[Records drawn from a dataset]

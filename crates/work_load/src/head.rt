//! What a workload says before its clients.
ghost use Rattle.std.specs.Prelude.{◌≡◌, ◌<◌, ◌≤◌, [], length, option_map, string_bytes, IfOk};
ghost use Rattle.std.specs.List.{list_all};
ghost use Rattle.std.specs.Map.{keys_of};
ghost use Rattle.tact_base.specs.declared.limits.TheConstants.{REPLICAS_MAX, CONITS_MAX};
ghost use Rattle.work_load.specs.declared.plan.TheConstants.{SETTLE_MAX};
ghost use Rattle.serde_json.specs.Find.{as_object};
ghost use Rattle.serde_json.specs.View.{view};
ghost use Rattle.work_load.specs.Entries.{Tells, EachAfter};
ghost use Rattle.work_load.specs.Workloads.{is_name, has_names, count, entries_or_none, rounds, head_after, head_of};

use crate::bounds::{Bound, setup_of};
use crate::entries::{Counts, Entry, entries};
use crate::fault::EntryFault;
use crate::links::{Link, plans_of};
use crate::plan::SETTLE_MAX;
use crate::values::{listed, natural};
use link_faults::LinkPlan;
use run_model::{Config, LoadKind};
use serde_json::{Map, Value};
use std::alloc::Global;
use std::marker::Model;
use tact_base::{CONITS_MAX, Items, REPLICAS_MAX, REPLICAS_MIN};

/// What a workload says before its clients.
#[derive(Drop)]
pub(crate) struct Head {
    /// What the run is made for.
    pub(crate) config: Config,
    /// What each inbox does with what is put, by replica.
    pub(crate) links: Items<LinkPlan>,
    /// How many rounds settle the run.
    pub(crate) settle: u64,
}

impl Model for Head {
    ghost use Rattle.std.specs.Prelude.{◌≡◌, ◌≤◌, length};
    ghost use Rattle.work_load.specs.Workloads.{Head as HeadView};
    ghost use Rattle.work_load.specs.declared.plan.TheConstants.{SETTLE_MAX};

    ghost Value = { HeadView };

    ghost view = { λ h. record { setup = h.config; links = h.links; settle = h.settle } };

    ghost invariant = { λ h. (length h.links ≡ h.config.replicas) × (h.settle ≤ SETTLE_MAX) };
}

fn is_name(name: &str) -> bool
    ensures { result ≡ is_name name.now }
{
    name == "replicas"
        || name == "conits"
        || name == "bounds"
        || name == "links"
        || name == "settle"
        || name == "clients"
}

// Whether an object has no other names.
fn are_names(members: &Map<String, Value>) -> bool
    ensures { result ≡ list_all (λ name. is_name (string_bytes name)) (keys_of members.now.entries) }
{
    members.keys().all(|name| is_name(name))
}

// Whether a value is an object that has no other names.
fn has_names(value: &Value) -> bool
    ensures { result ≡ has_names (as_object (view value.now)) }
{
    match value.as_object() {
        Some(members) => are_names(members),
        None => false,
    }
}

// A count, which must be there.
fn count(found: Option<&Value>, least: u32, most: u32) -> Result<u32, LoadKind>
    ensures count { result ≡ count least most (option_map (λ v. view v.now) found.entry) }
    ensures low { IfOk result (λ number. least ≤ number) }
    ensures high { IfOk result (λ number. number ≤ most) }
{
    match found {
        Some(value) => Ok(natural(value, u64::from(least), u64::from(most))? as u32),
        None => Err(LoadKind::Shape),
    }
}

// The entries of a list that may be missing.
fn entries_or_none<T: Entry>(
    alloc: Global,
    counts: Counts,
    found: Option<&Value>,
) -> Result<Items<T>, EntryFault>
    requires replicas { 0 < counts.replicas }
    requires few { counts.replicas ≤ REPLICAS_MAX }
    requires conits { 0 < counts.conits }
    ensures read { Tells (entries_or_none (T.read_after counts) (option_map (λ v. view v.now) found.entry)) result }
    ensures within { IfOk result (λ list. EachAfter (T.fits counts) [] list) }
{
    match found {
        Some(value) => Ok(entries(alloc, 0, counts, listed(value)?)?),
        None => Ok(Items::new(alloc)),
    }
}

// A count of rounds, which may be missing.
fn rounds(found: Option<&Value>) -> Result<u64, LoadKind>
    ensures few { IfOk result (λ settle. settle ≤ SETTLE_MAX) }
    ensures rounds { result ≡ rounds (option_map (λ v. view v.now) found.entry) }
{
    match found {
        Some(value) => natural(value, 0, SETTLE_MAX),
        None => Ok(0),
    }
}

#[tactic(auto, unfolding(crate::specs::Workloads::head_after))]
fn head_after(alloc: Global, replicas: u32, conits: u32, value: &Value) -> Result<Head, EntryFault>
    requires replicas { 2 ≤ replicas }
    requires few_replicas { replicas ≤ REPLICAS_MAX }
    requires conits { 0 < conits }
    requires few_conits { conits ≤ CONITS_MAX }
    ensures { Tells (head_after replicas conits (view value.now)) result }
{
    let counts = Counts {
        replicas,
        conits,
        replica: 0,
    };
    let bounds: Items<Bound> = entries_or_none(alloc, counts, value.get("bounds"))?;
    let links: Items<Link> = entries_or_none(alloc, counts, value.get("links"))?;
    let settle = rounds(value.get("settle"))?;
    Ok(Head {
        config: setup_of(alloc, replicas, conits, bounds.items())?,
        links: plans_of(alloc, links.items(), replicas)?,
        settle,
    })
}

/// What a value says before its clients, if it is a workload up to there.
#[tactic(auto, unfolding(crate::specs::Workloads::head_of))]
pub(crate) fn head_of(alloc: Global, value: &Value) -> Result<Head, EntryFault>
    ensures { Tells (head_of (view value.now)) result }
{
    if !has_names(value) {
        return Err(EntryFault::Kind(LoadKind::Shape));
    }
    let replicas = count(value.get("replicas"), REPLICAS_MIN, REPLICAS_MAX)?;
    let conits = count(value.get("conits"), 1, CONITS_MAX)?;
    head_after(alloc, replicas, conits, value)
}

REQUIRED ACTION
Look for the string "Tells" in the records, and copy every line where it is found.

ANSWER TO THE EXERCISE
ghost use Rattle.work_load.specs.Entries.{Tells, EachAfter};
    ensures read { Tells (entries_or_none (T.read_after counts) (option_map (λ v. view v.now) found.entry)) result }
    ensures { Tells (head_after replicas conits (view value.now)) result }
    ensures { Tells (head_of (view value.now)) result }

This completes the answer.